Following these suggestions can end up saving you a substantial amount of money each year for insurance costs. And since insurance often seems like an unneeded expense, until something goes wrong that is, the cheaper you can make it, the better.

Different Types of Insurance

Insurance is something people get for protection against the financial impact an accident or tragedy can have. Since there are various parts of your life where these accidents can occur, there are different insurances for each circumstance. Here is a little information about the main types of insurance.

First up is health insurance. While many people have health insurance through their employee, not everyone does. And even if you don’t have it through work you should try to get some sort of policy. When you are considering health insurance policies you should consider both the deductible (what you’ll pay out-of-pocket for health care) as well as what will be covered by your policy. The most common types of health insurance are PPOs (preferred provider options), which allow you to refer yourself to any provider in your PPO’s list, and HMOs (health maintenance organizations), which tend to be least expensive and most restrictive, usually assigning you a primary care physician that decides what medical treatment is necessary for you.

Auto insurance is another biggie. Most states require auto insurance, making it illegal to drive a car without it. Auto insurance protects you against any liability you have to others in case of a car accident as well as any damages done to you, your passengers or your vehicle. Generally, how much of this insurance you need depends on your assets. If you have an older car, rent your house or apartment and don’t make much annually then you don’t really need a lot of coverage. If you have a newer, expensive car that would be hard to replace then you might want to consider having more auto insurance in case of an accident.

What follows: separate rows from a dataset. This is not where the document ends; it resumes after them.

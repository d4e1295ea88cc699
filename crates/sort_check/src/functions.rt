//! What declared functions may be applied to (SMT-LIB 2.6, "Commands" and "Well-sorted terms").

ghost use Rattle.std.specs.Prelude.{◌≡◌};
ghost use Rattle.sym_table.specs.Leaf.{leaf_arguments};
ghost use Rattle.sym_table.specs.Table.{IsFunctionLeaf, LeafMeets};
ghost use Rattle.term_model.specs.Sorts.{sorts_eq};
ghost use Rattle.sort_check.specs.Applications.{applied_sort};

use crate::sorts::{same, sort_when};
use sym_table::Symbols;
use term_model::Sort;

/// The target sort of a declared function, or None where it may not be applied to arguments of these sorts.
pub(crate) fn check_function(symbols: &Symbols, head: u32, sorts: &[Sort]) -> Option<Sort>
    requires { IsFunctionLeaf symbols.now head }
    ensures { LeafMeets symbols.now head (λ l. result ≡ applied_sort l sorts.now) }
{
    let target = symbols.result_sort(head);
    sort_when(takes(symbols, head, sorts), target)
}

/// Whether these are the sorts of the function's arguments.
fn takes(symbols: &Symbols, head: u32, sorts: &[Sort]) -> bool
    requires { IsFunctionLeaf symbols.now head }
    ensures { LeafMeets symbols.now head (λ l. result ≡ sorts_eq (leaf_arguments l) sorts.now) }
{
    let as_many = symbols.arity(head) == sorts.len();
    if !as_many {
        return false;
    }
    'arguments: for (i, sort) in sorts.iter().enumerate() {
        let fits = same(symbols.arg_sort(head, i), *sort);
        if !fits {
            return false;
        }
    }
    true
}
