// The orders of up to five things, by their number: the first order is that of the line, and later ones follow as words in a dictionary do.
ghost use Rattle.std.specs.Prelude.{◌≡◌, ◌<◌, ◌≤◌, take};
ghost use Rattle.orders.specs.Order.{order_of, orders_of};
ghost use Rattle.orders.specs.Picking.{free_from, is_in, picked_of, weight_of};

// Which of five are taken, by weights 1, 2, 4, 8, 16, what is left of the order's number, and the order so far.
#[derive(Clone, Copy)]
struct Picking {
    used: u8,
    rest: u64,
    order: [u8; 5],
}

// How many orders `n` things have; more than five are not put in order.
pub fn orders_of(n: usize) -> u64
    ensures { result ≡ orders_of n }
{
    match n {
        2 => 2,
        3 => 6,
        4 => 24,
        5 => 120,
        _ => 1,
    }
}

// The weight of a thing in the number of an order. By cases, as its definition is: a shift would have to be shown equal to it.
pub fn weight(k: u8) -> u8
    ensures { result ≡ weight_of k }
{
    match k {
        0 => 1,
        1 => 2,
        2 => 4,
        3 => 8,
        _ => 16,
    }
}

// Whether one of five is in a set of them.
pub fn is_in(set: u8, k: u8) -> bool
    ensures { result ≡ is_in set k }
{
    set & weight(k) != 0
}

// The `d`-th of those that are not taken.
fn free(used: u8, d: u64) -> u8
    ensures { result ≡ free_from used 0 d }
{
    let mut left = d;
    for k in 0..4 {
        if !is_in(used, k) {
            if left == 0 {
                return k;
            }
            left -= 1;
        }
    }
    4
}

// One more is taken, where `behind` follow it.
fn picked(p: Picking, j: usize, behind: usize) -> Picking
    ensures { result ≡ picked_of p j behind }
{
    let f = orders_of(behind);
    let k = free(p.used, p.rest / f);
    let mut order = p.order;
    if j < 5 {
        order[j] = k;
    }
    Picking {
        used: p.used | weight(k),
        rest: p.rest % f,
        order: order,
    }
}

// The order of `count` things that has the number `n`.
pub fn order_of(count: usize, n: u64) -> [u8; 5]
    ensures { count ≤ 5 → n < orders_of count → take count result ≡ order_of count n }
{
    let mut p = Picking {
        used: 0,
        rest: n,
        order: [0; 5],
    };
    for j in 0..count {
        p = picked(p, j, count - 1 - j);
    }
    p.order
}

Another type of insurance is life insurance. Life insurance policies generally cover the replacement of the policyholder’s income or work, estate taxes, and burial costs. To replace what a family member is contributing with life insurance you need to purchase around 12 times the amount of money they contribute annually.

A final type of important insurance is homeowner’s insurance. This protects you in case of damages to your home and property because of natural disasters such as fire, flood or hurricanes. When looking for a homeowner’s policy consider the different amounts of coverage offered other than on the house, the deductibles and percent of loss covered. Also keep in mind that basic homeowner’s insurance doesn’t cover the contents of your home so you’ll need to add it in or purchase it separately. If you rent or own a condo you only need insurance that covers the contents of your home and possibly liability insurance.

While these are only a few types of insurance available, they are the main ones and the ones that everyone should have at least a little coverage for. When purchasing any type of insurance be sure to do your research and shop around for what fits your needs best.

Shopping For Life Insurance

If you know of a trusted insurance representative, you could start by reviewing your life insurance needs and existing coverage with that agent. Otherwise you might want to find an agent or insurance broker to work with you.

If you are person who prefers to do your own research, you can find plenty of insurance information and quotes on the Internet, or from direct marketing ads in magazines, newspapers, etc.

It is in your own best interests to review and compare various offerings and prices.

Keep in mind that there are many insurance companies and they have different ways of selling their life insurance policies. Some may refer you to an agent representing their company while others will require you to fill-out a questionnaire before providing a quote or cost estimate.

You should pursue the approach and the specific offering that you are most comfortable with, and that works best for you.